Re: [PATCH -mm -v4 3/5] mm, swap: VMA based swap readahead

From: Minchan Kim
Date: Thu Sep 14 2017 - 23:42:26 EST


On Fri, Sep 15, 2017 at 11:15:08AM +0800, Huang, Ying wrote:
> Minchan Kim <minchan@xxxxxxxxxx> writes:
>
> > On Thu, Sep 14, 2017 at 08:01:30PM +0800, Huang, Ying wrote:
> >> Minchan Kim <minchan@xxxxxxxxxx> writes:
> >>
> >> > On Wed, Sep 13, 2017 at 02:02:29PM -0700, Andrew Morton wrote:
> >> >> On Wed, 13 Sep 2017 10:40:19 +0900 Minchan Kim <minchan@xxxxxxxxxx> wrote:
> >> >>
> >> >> > Every zram users like low-end android device has used 0 page-cluster
> >> >> > to disable swap readahead because it has no seek cost and works as
> >> >> > synchronous IO operation so if we do readahead multiple pages,
> >> >> > swap falut latency would be (4K * readahead window size). IOW,
> >> >> > readahead is meaningful only if it doesn't bother faulted page's
> >> >> > latency.
> >> >> >
> >> >> > However, this patch introduces additional knob /sys/kernel/mm/swap/
> >> >> > vma_ra_max_order as well as page-cluster. It means existing users
> >> >> > has used disabled swap readahead doesn't work until they should be
> >> >> > aware of new knob and modification of their script/code to disable
> >> >> > vma_ra_max_order as well as page-cluster.
> >> >> >
> >> >> > I say it's a *regression* and wanted to fix it but Huang's opinion
> >> >> > is that it's not a functional regression so userspace should be fixed
> >> >> > by themselves.
> >> >> > Please look into detail of discussion in
> >> >> > http://lkml.kernel.org/r/%3C1505183833-4739-4-git-send-email-minchan@xxxxxxxxxx%3E
> >> >>
> >> >> hm, tricky problem.

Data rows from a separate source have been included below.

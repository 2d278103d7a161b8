// Making a new segment.
ghost use Rattle.std.specs.Prelude.{◌≡◌, ◌⊎◌, ◌≤◌, ◌<◌, ◌^◌, ◌++◌, [], ◌∷◌, ℕ, length, OnOk, IfOk};
ghost use Rattle.site_model.specs.History.{changes_of, content_of, IsKept};
ghost use Rattle.site_model.specs.Calls.{HasCause};
ghost use Rattle.site_model.specs.Moments.{LeavesOnly};
ghost use Rattle.commit_log.specs.declared.header.Header.{Header};
ghost use Rattle.commit_log.specs.Segment.{fresh, reading_of, header_bytes, FitsHeader};
ghost use Rattle.commit_log.specs.States.{IsResting, IsClosing, IsClosed, IsClosedContent, IsHeaded, IsOpening, IsFormatting};
ghost use Rattle.commit_log.specs.Outcomes.{RestsAs};
ghost use Rattle.commit_log.specs.Writing.{WritesSafely};

use crate::frame::{CLOSED_GATE, OPEN_GATE};
use crate::header::Header;
use crate::parse::FIRST_GATE;
use crate::states::Resting;
use site_model::{Failed, Site};

/// The header behind the format's gate, and the first gate, closed.
fn behind_format_gate(header: Header) -> [u8; 33]
    ensures bytes { result ≡ header_bytes header ++ 0 ∷ [] }
    ensures fits { header.base < 2 ^ 63 → FitsHeader header }
{
    let p = header.partition.to_be_bytes();
    let n = header.partitions.to_be_bytes();
    let d = header.digest.to_be_bytes();
    let b = header.base.to_be_bytes();
    [
        b'N',
        b'E',
        b'T',
        b'H',
        b'L',
        b'O',
        b'G',
        1,
        p[0],
        p[1],
        p[2],
        p[3],
        n[0],
        n[1],
        n[2],
        n[3],
        d[0],
        d[1],
        d[2],
        d[3],
        d[4],
        d[5],
        d[6],
        d[7],
        b[0],
        b[1],
        b[2],
        b[3],
        b[4],
        b[5],
        b[6],
        b[7],
        CLOSED_GATE,
    ]
}

/// A write, made safe by a sync.
fn write_safely<V: Site>(site: &mut V, file: u32, at: u64, bytes: &[u8]) -> Result<(), Failed>
    requires { V.tells site.old → at ≤ length (content_of file (V.history site.old)) }
    ensures tells { V.tells site.new → V.tells site.old }
    ensures done { WritesSafely file at bytes.now (V.history site.old) (V.history site.new) result }
    ensures cause { HasCause (V.disk_faults site.old) (V.disk_faults site.new) result }
    ensures say_faults { V.say_faults site.new ≡ V.say_faults site.old }
{
    match site.write(file, at, bytes) {
        Ok(()) => site.sync(file),
        Err(failed) => Err(failed),
    }
}

/// Whether the first of at least two bytes isn't open.
fn is_closed<V: Site>(site: &mut V, file: u32) -> Result<bool, Failed>
    ensures tells { V.tells site.new → V.tells site.old }
    ensures value { V.tells site.new → IfOk result
        (IsClosedContent (content_of file (V.history site.old))) }
    ensures unchanged { V.history site.new ≡ V.history site.old }
    ensures cause { HasCause (V.disk_faults site.old) (V.disk_faults site.new) result }
    ensures say_faults { V.say_faults site.new ≡ V.say_faults site.old }
{
    let length = match site.length(file) {
        Ok(length) => length,
        Err(failed) => return Err(failed),
    };
    if length <= 1 {
        return Ok(false);
    }
    let mut byte = [OPEN_GATE];
    match site.read(file, 0, &mut byte) {
        Ok(count) => Ok(count == 1 && byte[0] != OPEN_GATE),
        Err(failed) => Err(failed),
    }
}

/// Closes the first byte where it isn't closed and stable already, and syncs. Where it is, it isn't written: of a byte
/// that is written again a crash could make an open gate, before whatever stands behind it.
fn close<V: Site>(site: &mut V, file: u32) -> Result<(), Failed>
    ensures tells { V.tells site.new → V.tells site.old }
    ensures during { V.tells site.new → IsKept (changes_of file (V.history site.old))
        → LeavesOnly file (V.history site.old) (V.history site.new)
        (IsClosing (content_of file (V.history site.old))) }
    ensures ok { V.tells site.new → IsKept (changes_of file (V.history site.old))
        → OnOk result (IsClosed (changes_of file (V.history site.new))) }
    ensures long { V.tells site.new → OnOk result
        (1 ≤ length (content_of file (V.history site.new))) }
    ensures cause { HasCause (V.disk_faults site.old) (V.disk_faults site.new) result }
    ensures say_faults { V.say_faults site.new ≡ V.say_faults site.old }
{
    match is_closed(site, file) {
        Ok(true) => site.sync(file),
        Ok(false) => write_safely(site, file, 0, &[CLOSED_GATE]),
        Err(failed) => Err(failed),
    }
}

/// Writes the header behind a closed first byte.
fn write_header<V: Site>(site: &mut V, file: u32, header: Header) -> Result<(), Failed>
    requires long { V.tells site.old → 1 ≤ length (content_of file (V.history site.old)) }
    requires base { header.base < 2 ^ 63 }
    ensures tells { V.tells site.new → V.tells site.old }
    ensures during { IsClosed (changes_of file (V.history site.old))
        → LeavesOnly file (V.history site.old) (V.history site.new)
        (λ image. reading_of image ≡ fresh) }
    ensures ok { IsClosed (changes_of file (V.history site.old))
        → OnOk result (IsHeaded (changes_of file (V.history site.new)) header) }
    ensures cause { HasCause (V.disk_faults site.old) (V.disk_faults site.new) result }
    ensures say_faults { V.say_faults site.new ≡ V.say_faults site.old }
{
    let bytes = behind_format_gate(header);
    write_safely(site, file, 1, &bytes)
}

/// Opens the first byte before a whole header.
fn open<V: Site>(site: &mut V, file: u32) -> Result<(), Failed>
    ensures tells { V.tells site.new → V.tells site.old }
    ensures during { (h : Header) → IsHeaded (changes_of file (V.history site.old)) h
        → LeavesOnly file (V.history site.old) (V.history site.new) (IsOpening h) }
    ensures ok { (h : Header) → IsHeaded (changes_of file (V.history site.old)) h
        → OnOk result (IsResting (changes_of file (V.history site.new)) h [] FIRST_GATE) }
    ensures cause { HasCause (V.disk_faults site.old) (V.disk_faults site.new) result }
    ensures say_faults { V.say_faults site.new ≡ V.say_faults site.old }
{
    write_safely(site, file, 0, &[OPEN_GATE])
}

impl Resting {
    /// Makes a segment with this header and no frame in a file that has no write since its last sync. What the file
    /// held counts no more from the moment on at which its first byte is closed.
    pub fn format<V: Site>(site: &mut V, file: u32, header: Header) -> Result<Resting, Failed>
        requires { header.base < 2 ^ 63 }
        ensures tells { V.tells site.new → V.tells site.old }
        ensures during { V.tells site.new → IsKept (changes_of file (V.history site.old))
            → LeavesOnly file (V.history site.old) (V.history site.new)
            (IsFormatting (content_of file (V.history site.old)) header) }
        ensures ok { V.tells site.new → IsKept (changes_of file (V.history site.old))
            → IfOk result (RestsAs (V.history site.new) header []) }
        ensures place { IfOk result (λ log. (log.file ≡ file) × (log.gate ≡ FIRST_GATE)) }
        ensures cause { HasCause (V.disk_faults site.old) (V.disk_faults site.new) result }
        ensures say_faults { V.say_faults site.new ≡ V.say_faults site.old }
    {
        close(site, file)?;
        write_header(site, file, header)?;
        open(site, file)?;
        Ok(Resting {
            file,
            gate: FIRST_GATE,
        })
    }
}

I do agree that linking the physical and virtual
> >> >> readahead schemes in the proposed fashion is unfortunate. I also agree
> >> >> that breaking existing setups (a bit) is also unfortunate.
> >> >>
> >> >> Would it help if, when page-cluster is written to zero, we do
> >> >>
> >> >> printk_once("physical readahead disabled, virtual readahead still
> >> >> enabled. Disable virtual readhead via
> >> >> /sys/kernel/mm/swap/vma_ra_max_order").
> >> >>
> >> >> Or something like that. It's pretty lame, but it should help alert the
> >> >> zram-readahead-disabling people to the issue?
> >> >
> >> > It was my last resort. If we cannot find other ways after all, yes, it would
> >> > be a minimum we should do. But it still breaks users don't/can't read/modify
> >> > alert and program.
> >> >
> >> > How about this?
> >> >
> >> > Can't we make vma-based readahead config option?
> >> > With that, users who no interest on readahead don't enable vma-based
> >> > readahead. In this case, page-cluster works as expected "disable readahead
> >> > completely" so it doesn't break anything.
> >>
> >> Now. Users can choose between VMA based readahead and original
> >> readahead via a knob as follow at runtime,
> >>
> >> /sys/kernel/mm/swap/vma_ra_enabled
> >
> > It's not a config option and is enabled by default. IOW, it's under the radar
> > so current users cannot notice it. That's why we want to emit big fat warnning.
> > when old user set 0 to page-cluster. However, as Andrew said, it's lame.
> >
> > If we make it config option, product maker/kernel upgrade user can have
> > a chance to notice and read description so they could be aware of two weird
> > knobs and help to solve the problem in advance without printk_once warn.
> > If user has no interest about swap-readahead or skip the new config option
> > by mistake, it works physcial readahead which means no regression.
>
> I am OK to make it config option. But I think VMA based swap readahead
> should be enabled by default. Because per my understanding, default
> option should be set for most common desktop users. And VMA based swap
> readahead should benefit them. People needs to turn off swap readahead
> is some special users, the original swap readahead default configuration
> isn't for them too.

Okay. I don't care either one is default if it is a config option.
It still gives a chance to notice a new algorithm so users can decide it
It is absolutely better than silent regressoin and printk tric.
Please add more description about those parallel two readahead algorithms
in somewhere(e.g., vm.txt) so he can understand the situation exactly and
can handle both tunable knobs at the same time.